The methods that serialize these objects actually modify them, so they must be copied first.

> Race condition when serializing K8s objects
> -------------------------------------------
>
>                 Key: YUNIKORN-1228
>                 URL: https://issues.apache.org/jira/browse/YUNIKORN-1228
>             Project: Apache YuniKorn
>          Issue Type: Bug
>          Components: shim - kubernetes
>            Reporter: Craig Condit
>            Assignee: Craig Condit
>            Priority: Major
>
> A race was recently uncovered during testing:
>  
> {noformat}
> ==================
> WARNING: DATA RACE
> Read at 0x00c000581810 by goroutine 46:
>   k8s.io/apimachinery/pkg/apis/meta/v1.(*TypeMeta).GroupVersionKind()
>       /home/testuser/go/pkg/mod/k8s.io/apimachinery@v0.20.11/pkg/apis/meta/v1/meta.go:128 +0x64
>   k8s.io/client-go/tools/reference.GetReference()
>       /home/testuser/go/pkg/mod/k8s.io/client-go@v0.20.11/tools/reference/ref.go:59 +0x17d
>   k8s.io/client-go/tools/events.(*recorderImpl).Eventf()
>       /home/testuser/go/pkg/mod/k8s.io/client-go@v0.20.11/tools/events/event_recorder.go:46 +0x119
>   github.com/apache/yunikorn-k8shim/pkg/plugin/predicates.(*predicateManagerImpl).predicatesAllocate()

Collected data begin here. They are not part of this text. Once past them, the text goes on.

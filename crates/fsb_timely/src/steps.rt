//! Laws over what a past has one clock further: no code.

ghost use Rattle.std.specs.Prelude.{◌≡◌, ◌<◌, ◌≤◌, ◌⊎◌, ◌+◌, ◌&&◌, ◌||◌, ℕ, Some, true, false, not, nat_lt, length, take, if◌then◌else◌};
ghost use Rattle.std.specs.List.{filter};
ghost use Rattle.fsb_access.specs.ScriptOrder.{accesses_of, steps_of};
ghost use Rattle.fsb_count.specs.Options.{is_some_and};
ghost use Rattle.fsb_encode.specs.declared.request.Request.{Request};
ghost use Rattle.fsb_signal.specs.declared.lines.TheConstants.Lines.{ADS};
ghost use Rattle.fsb_signal.specs.Samples.{line_at};
ghost use Rattle.fsb_trace.specs.declared.who.Who.{Who};
ghost use Rattle.fsb_trace.specs.Winner.{winner_at};
ghost use Rattle.fsb_timely.specs.BusLock.{is_locked_request, is_release, keeps_lock};
ghost use Rattle.fsb_timely.specs.Carried.{memory_below};
ghost use Rattle.fsb_timely.specs.Completions.{is_arrival};
ghost use Rattle.fsb_timely.specs.Grants.{grant_at, is_end_at, is_ended, is_granted, is_ready, latest_grant};
ghost use Rattle.fsb_timely.specs.Growth.{IsNext, IsWhole};
ghost use Rattle.fsb_timely.specs.Hits.{is_hit};
ghost use Rattle.fsb_timely.specs.Past.{Past};
ghost use Rattle.fsb_timely.specs.Runs.{Run, run_to, past_of, past_to};
ghost use Rattle.fsb_timely.specs.Scripts.{completes_at, is_logged, is_logged_at, items_of, next_number};
ghost use Rattle.fsb_timely.specs.Starts.{would_begin};
ghost use Rattle.fsb_timely.specs.Staying.{CompletesNext, OwesNoMore};
ghost use Rattle.fsb_timely.specs.Timely.{Timely};
ghost use Rattle.fsb_timely.specs.Wants.{want_of};

/// An agent keeps the bus locked exactly where it begins a locked request, or kept it locked at the clock before and made no
/// release there. Whether a request is locked stays as a run goes on.
pub fn locks_step()
    ensures kept { (p : Past) (a c : ℕ) → keeps_lock p (c + 1) a
        ≡ (is_locked_request p a (c + 1) || (keeps_lock p c a && not (is_release p a c))) }
    ensures request { (r s : Run) (a t : ℕ) → IsNext r s → IsWhole r → t < length r.trace →
        is_locked_request (past_of s) a t ≡ is_locked_request (past_of r) a t }
{}

/// An agent that wants something, and begins no request at a clock, wants something at the next clock, be it the same or
/// not: where it has no entry at the clock, and where it completes its next item there. In a timely run one of these is so:
/// an agent with an entry at a clock completes its next item there.
pub fn wants_stay()
    ensures waiting { (p : Past) (a c : ℕ) (request : Request) → OwesNoMore p a c →
        completes_at p a c ≡ false →
        want_of p a c ≡ Some request → (next : Request) × (want_of p a (c + 1) ≡ Some next) }
    ensures timely { (r : Run) (a c : ℕ) (request : Request) → Timely r → c < length r.trace →
        OwesNoMore (past_of r) a c → want_of (past_of r) a c ≡ Some request →
        (next : Request) × (want_of (past_of r) a (c + 1) ≡ Some next) }
    ensures completes { (r : Run) (a c : ℕ) → Timely r → c < length r.trace →
        OwesNoMore (past_of r) a c →
        completes_at (past_of r) a c ≡ true → CompletesNext (past_of r) a c }
    ensures completing { (p : Past) (a c : ℕ) (request : Request) → OwesNoMore p a c →
        CompletesNext p a c →
        want_of p a c ≡ Some request → (next : Request) × (want_of p a (c + 1) ≡ Some next) }
{}

/// In a timely run the entries of an agent at a clock are of its next item there, by a hit or an arrival; no item behind
/// its next one was logged before.
pub fn entries_are_of_next_items()
    ensures next { (r : Run) (a c m : ℕ) → Timely r → c < length r.trace →
        is_logged_at (past_of r) a c m ≡ true →
        (next_number (past_of r) a c ≡ Some m)
        × ((is_hit (past_of r) a c ≡ true) ⊎ (is_arrival (past_of r) a c ≡ true)) }
    ensures behind { (r : Run) (a c n m : ℕ) → Timely r → c ≤ length r.trace →
        next_number (past_of r) a c ≡ Some n → n < m → is_logged (past_of r) a c m ≡ false }
{}

/// Below each clock the entries of an agent of a timely run are the accesses of its script up to its next item there, in
/// order.
pub fn logs_follow_scripts()
    ensures { (r : Run) (a c n : ℕ) → Timely r → a < 4 → c ≤ length r.trace →
        next_number (past_of r) a c ≡ Some n →
        steps_of a (filter (λ done. nat_lt done.clock c) r.log)
        ≡ accesses_of (take n (items_of (past_of r) a)) }
{}

/// Where a request begins in a timely run there is a winner, and it has something to begin: a symmetric agent its want, the
/// priority agent the reply to a request that is due.
pub fn requests_are_wanted()
    ensures { (r : Run) (c : ℕ) → Timely r → c < length r.trace → line_at ADS r.trace c ≡ true →
        (who : Who) × (winner_at (run_to r c).trace c ≡ Some who)
        × (request : Request) × (would_begin (run_to r c) (past_to (past_of r) c) c who
        ≡ Some request) }
{}

/// The bytes that the replay of the entries below a clock leaves stay as they are, as a run goes on from that clock or a
/// later one: so do those that memory is to have at a response.
pub fn earlier_bytes_stay()
    ensures { (r s : Run) (t : ℕ) → IsNext r s → t ≤ length r.trace →
        memory_below s t ≡ memory_below r t }
{}

/// A line is ready for an agent one clock further where the request that granted it last has ended, or ends at this clock.
pub fn ready_lines_step()
    ensures { (p : Past) (a line c : ℕ) → is_ready p a line (c + 1)
        ≡ is_some_and (if is_granted p a line c then grant_at p c else latest_grant p a line c)
        (λ grant. is_ended p c grant.first || is_end_at p c grant.first) }
{}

>       /home/testuser/repos/incubator-yunikorn-k8shim/pkg/plugin/predicates/predicate_manager.go:80 +0x36f
>   github.com/apache/yunikorn-k8shim/pkg/plugin/predicates.(*predicateManagerImpl).Predicates()
>       /home/testuser/repos/incubator-yunikorn-k8shim/pkg/plugin/predicates/predicate_manager.go:64 +0x52
>   github.com/apache/yunikorn-k8shim/pkg/cache.(*Context).IsPodFitNode()
>       /home/testuser/repos/incubator-yunikorn-k8shim/pkg/cache/context.go:341 +0x241
>   github.com/apache/yunikorn-k8shim/pkg/callback.(*AsyncRMCallback).Predicates()
>       /home/testuser/repos/incubator-yunikorn-k8shim/pkg/callback/scheduler_callback.go:187 +0xb7
>   github.com/apache/yunikorn-core/pkg/scheduler/objects.(*Node).preConditions()
>       /home/testuser/repos/incubator-yunikorn-core/pkg/scheduler/objects/node.go:386 +0x1c7
>   github.com/apache/yunikorn-core/pkg/scheduler/objects.(*Node).preAllocateConditions()
>       /home/testuser/repos/incubator-yunikorn-core/pkg/scheduler/objects/node.go:368 +0xe4
>   github.com/apache/yunikorn-core/pkg/scheduler/objects.(*Application).tryNode()
>       /home/testuser/repos/incubator-yunikorn-core/pkg/scheduler/objects/application.go:1190 +0xe7
>   github.com/apache/yunikorn-core/pkg/scheduler/objects.(*Application).tryNodes()
>       /home/testuser/repos/incubator-yunikorn-core/pkg/scheduler/objects/application.go:1112 +0x7c4
>   github.com/apache/yunikorn-core/pkg/scheduler/objects.(*Application).tryAllocate()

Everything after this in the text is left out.